Quote exactly the lines from the start of the entries to the one with "slot S code C", both ends included.

Segment Start: DATA FOR ANALYSIS

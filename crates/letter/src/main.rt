// The letter tool: one job a line on standard input, and its answer after it.
#![tactic(auto)]

use anyhow::bail;
use jobs::answer::perform;
use jobs::parse::parse;
use program::end::ended;
use program::help;
use std::env;
use std::io::{BufRead, BufReader};
use std::process::ExitCode;

const HELP: &str = "letter: writes and reads letters, one job a line on standard input

  write KIND ORIGIN SLOT CODE   the letter in upper-case hex
  read HEX                      kind K origin O slot S code C

KIND is 1 to 3 (INIT, ECHO, READY), ORIGIN 1 to 10, SLOT 1 or 2, CODE any number below 2^64.
Each answer follows its line and ': '. A job that is refused is answered
'denied N: words', and bytes that are no letter 'denied 12 at PLACE: words',
where PLACE counts from 0 and is the first wrong byte, or the length if bytes are only missing.
Empty lines and lines that begin with # are skipped.
A line that is no job ends the program with status 1, its number and what was expected.";

fn main(rt: HostRuntime) -> anyhow::Result<ExitCode> {
    ended(&rt, "letter", run(&rt))
}

fn run(rt: &HostRuntime) -> anyhow::Result<()> {
    if help::is_called(env::args(rt)?.nth(1))? {
        println!(rt; "{HELP}")?;
        return Ok(());
    }
    jobs(rt)
}

fn jobs(rt: &HostRuntime) -> anyhow::Result<()> {
    let heap = rt.alloc();
    for (k, line) in BufReader::new(heap, rt.stdin())?.lines(heap).enumerate() {
        let number = k.saturating_add(1);
        let line = match line {
            Ok(line) => line,
            Err(e) => bail!("line {number}: {e}"),
        };
        match parse(heap, line.as_str()) {
            Ok(None) => {}
            Ok(Some(job)) => {
                let answer = perform(&job);
                println!(rt; "{line}: {answer}")?;
            }
            Err(e) => bail!("line {number}: {e}"),
        }
    }
    Ok(())
}
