//! Quorums, from text to bytes.
ghost use Rattle.std.specs.Option.{option_map};
ghost use Rattle.model.specs.Metadata.{Key};
ghost use Rattle.wire.specs.Formats.{Reads};
ghost use Rattle.wire.specs.Leaves.{quorum as quorum_w};
ghost use Rattle.text_form.specs.Texts.{key_line, quorum as quorum_t};
ghost use Rattle.draft_parts.specs.Copies.{Copies};

use crate::stop::Stop;
use crate::table::{Part, put_table};
use encoding::leaf::write_number;
use line::expected::{Bad, Expected, Word};
use line_reader::reader::{bytes_line, number_line};
use wire::key::{Bytes32, Keys};
use wire::table::may_follow;

/// A key above the last one, if there is one.
fn key_line<'a>(text: &'a [u8], last: Option<&Bytes32>) -> Result<(Bytes32, &'a [u8]), Bad>
    ensures { Reads (λ k. k) result ((key_line (option_map (λ x. x.now) last.entry)).read text.now) }
{
    let (key, rest) = bytes_line(text, Word::Key)?;
    if !may_follow::<Keys>(last, &key) {
        return Err(Bad {
            left: text.len(),
            expected: Expected::Rising(Word::Key),
        });
    }
    Ok((key, rest))
}

impl Part for Keys {
    type Last = Bytes32;

    ghost Plain = { Key };

    ghost Key = { Key };

    ghost form = { key_line };

    ghost key = { λ k. k };

    ghost bytes = { λ k. k };

    ghost stands_for = { λ k. k };

    fn put<'a>(
        text: &'a [u8],
        out: &mut Vec<u8>,
        last: Option<&Bytes32>,
    ) -> Result<(Bytes32, &'a [u8]), Stop> {
        let (key, rest) = key_line(text, last)?;
        out.extend_from_slice(&key)?;
        Ok((key, rest))
    }
}

/// A quorum behind these words.
pub fn put_quorum<'a>(text: &'a [u8], out: &mut Vec<u8>, word: Word) -> Result<&'a [u8], Stop>
    ensures { Copies (quorum_t word) quorum_w.write result text.now out.old.items out.new.items }
{
    let (count, rest) = number_line(text, word, 1, 16)?;
    let (asked, rest) = number_line(rest, Word::Asked, 1, count)?;
    write_number(out, count as u8)?;
    write_number(out, asked as u8)?;
    let rest = put_table::<Keys>(rest, out, count)?;
    Ok(rest)
}
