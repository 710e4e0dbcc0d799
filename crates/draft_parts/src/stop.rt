//! Why a part of a text gives no bytes.
ghost use Rattle.std.specs.Prelude.{◌≡◌};
ghost use Rattle.draft_parts.specs.declared.stop.Stop.TheVariants.{Memory, Line};

use line::expected::Bad;
use std::alloc::AllocError;

/// Why a part is not read or not written.
#[derive(Clone, Copy)]
pub enum Stop {
    Memory,
    Line(Bad),
}

impl From<AllocError> for Stop {
    ghost from_gives = { λ _ r. r ≡ Memory };

    fn from(_e: AllocError) -> Stop {
        Stop::Memory
    }
}

impl From<Bad> for Stop {
    ghost from_gives = { λ b r. r ≡ Line b };

    fn from(bad: Bad) -> Stop {
        Stop::Line(bad)
    }
}
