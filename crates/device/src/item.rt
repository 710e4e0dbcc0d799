//! The items of a stream, each a kind byte and what belongs to the kind.
ghost use Rattle.wire.specs.Formats.{Reads};
ghost use Rattle.device.specs.Stream.{item_in, event_of};

use model::fault::Fault;
use wire::number::read_number;

/// One item of a stream. To this box all but days is unknown, so that it reads items by itself: what `stream` cuts, it refuses.
#[derive(Clone, Copy)]
pub enum Item {
    /// A day begins, by its number.
    Day(u64),
}

/// The kind byte of a day.
const DAY: u8 = 17;

/// The first item, and the bytes behind it.
pub fn split_item(bytes: &[u8]) -> Result<(Item, &[u8]), Fault>
    ensures { Reads event_of result (item_in bytes.now) }
{
    match read_number::<u8, 1>(bytes)? {
        (DAY, rest) => {
            let (day, rest) = read_number(rest)?;
            Ok((Item::Day(day), rest))
        }
        _ => Err(Fault::Malformed),
    }
}
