//! A whole stream: each item is answered, to the end or the first fault.
ghost use Rattle.std.specs.Prelude.{◌≡◌, IfOk};
ghost use Rattle.device.specs.Stream.{Answered, Steps, event_of};

use crate::item::{Item, split_item};
use calendar::Calendar;
use model::answer::Answer;
use std::alloc::{AllocError, Global};

/// One item is answered.
pub fn step(calendar: Calendar, item: Item) -> (Calendar, Answer)
    ensures { Steps calendar.today (event_of item) result.0.today result.1 }
{
    match item {
        Item::Day(day) => match calendar.begin(day) {
            Ok(next) => (next, Ok(())),
            Err(fault) => (calendar, Err(fault)),
        },
    }
}

/// The answers to a stream of items, one for each. A fault in the stream is the last answer. Of `running`'s run only the loop is alike: items,
/// state and steps are others.
pub fn run(heap: Global, bytes: &[u8]) -> Result<Vec<Answer>, AllocError>
    ensures { IfOk result (λ v. Answered bytes.now v.items) }
{
    let mut answers = Vec::new(heap);
    let mut calendar = Calendar::new();
    let mut left = bytes;
    while !left.is_empty() {
        let (item, rest) = match split_item(left) {
            Ok(read) => read,
            Err(fault) => {
                answers.push(Err(fault))?;
                return Ok(answers);
            }
        };
        let (next, said) = step(calendar, item);
        answers.push(said)?;
        calendar = next;
        left = rest;
    }
    Ok(answers)
}

#[cfg(test)]
mod tests {
    use super::*;
    use model::answer::Line;
    use model::fault::Fault;
    use std::test::Fail;

    // What is printed for a stream, line by line.
    fn printed(heap: Global, bytes: &[u8]) -> Result<String, AllocError> {
        let mut text = String::new(heap);
        for answer in &run(heap, bytes)? {
            let line = Line(*answer);
            text.push_str(&format!(in heap; "{line};")?)?;
        }
        Ok(text)
    }

    #[test]
    fn nothing_is_answered_by_nothing(rt: HostRuntime) -> Result<(), Fail> {
        assert!(rt; printed(rt.alloc(), &[])?.as_str() == "");
        Ok(())
    }

    #[test]
    fn a_cut_day_ends_the_reading(rt: HostRuntime) -> Result<(), Fail> {
        let cut = [17, 0, 0, 0, 0, 0, 0, 0, 1, 17, 0, 0];
        assert!(rt; printed(rt.alloc(), &cut)?.as_str() == "taken;1;");
        Ok(())
    }

    #[test]
    fn a_broken_look_up_is_told_with_its_role(rt: HostRuntime) -> Result<(), Fail> {
        let line = Line(Err(Fault::Broken(3)));
        assert!(rt; format!(in rt.alloc(); "{line}")?.as_str() == "15 3");
        Ok(())
    }
}
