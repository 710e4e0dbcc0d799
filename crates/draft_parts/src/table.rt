//! Tables of parts, from text to bytes.
ghost use Rattle.std.specs.Prelude.{◌≡◌, ℕ, List, Option};
ghost use Rattle.std.specs.List.{flat_map};
ghost use Rattle.std.specs.Option.{option_map};
ghost use Rattle.wire.specs.Formats.{FormatOf};
ghost use Rattle.line.specs.declared.expected.Bad.{Bad};
ghost use Rattle.text_form.specs.Chains.{chain};
ghost use Rattle.draft_parts.specs.Copies.{Copies, CopiesKey};

use crate::stop::Stop;

/// A kind of parts that stand in a table, each of which may have to come behind the one before it.
pub trait Part {
    type Last: Drop;

    ghost Plain: { Type 0 };

    ghost Key: { Type 0 };

    ghost form: { Option Key → FormatOf Bad Plain };

    ghost key: { Plain → Key };

    ghost bytes: { Plain → List ℕ };

    ghost stands_for: { Self.Last → Key };

    /// One behind the last one, and what the next one has to come behind.
    fn put<'a>(
        text: &'a [u8],
        out: &mut Vec<u8>,
        last: Option<&Self::Last>,
    ) -> Result<(Self::Last, &'a [u8]), Stop>
        ensures { CopiesKey (form (option_map stands_for (option_map (λ x. x.now) last.entry))) bytes (λ x k. key x ≡ stands_for k) result text.now out.old.items out.new.items };
}

/// So many parts.
pub fn put_table<'a, P: Part>(
    text: &'a [u8],
    out: &mut Vec<u8>,
    count: u64,
) -> Result<&'a [u8], Stop>
    ensures { Copies (chain P.form P.key count) (λ xs. flat_map P.bytes xs) result text.now out.old.items out.new.items }
{
    let mut last = None;
    let mut rest = text;
    for done in 0..count {
        let (key, after) = P::put(rest, out, last.as_ref())?;
        last = Some(key);
        rest = after;
    }
    Ok(rest)
}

Segment End: DATA FOR ANALYSIS

**RESULT OF THIS TASK**
filename crates/letter/src/main.rt
// The letter tool: one job a line on standard input, and its answer after it.
#![tactic(auto)]

use anyhow::bail;
use jobs::answer::perform;
use jobs::parse::parse;
use program::end::ended;
use program::help;
use std::env;
use std::io::{BufRead, BufReader};
use std::process::ExitCode;

const HELP: &str = "letter: writes and reads letters, one job a line on standard input

  write KIND ORIGIN SLOT CODE   the letter in upper-case hex
  read HEX                      kind K origin O slot S code C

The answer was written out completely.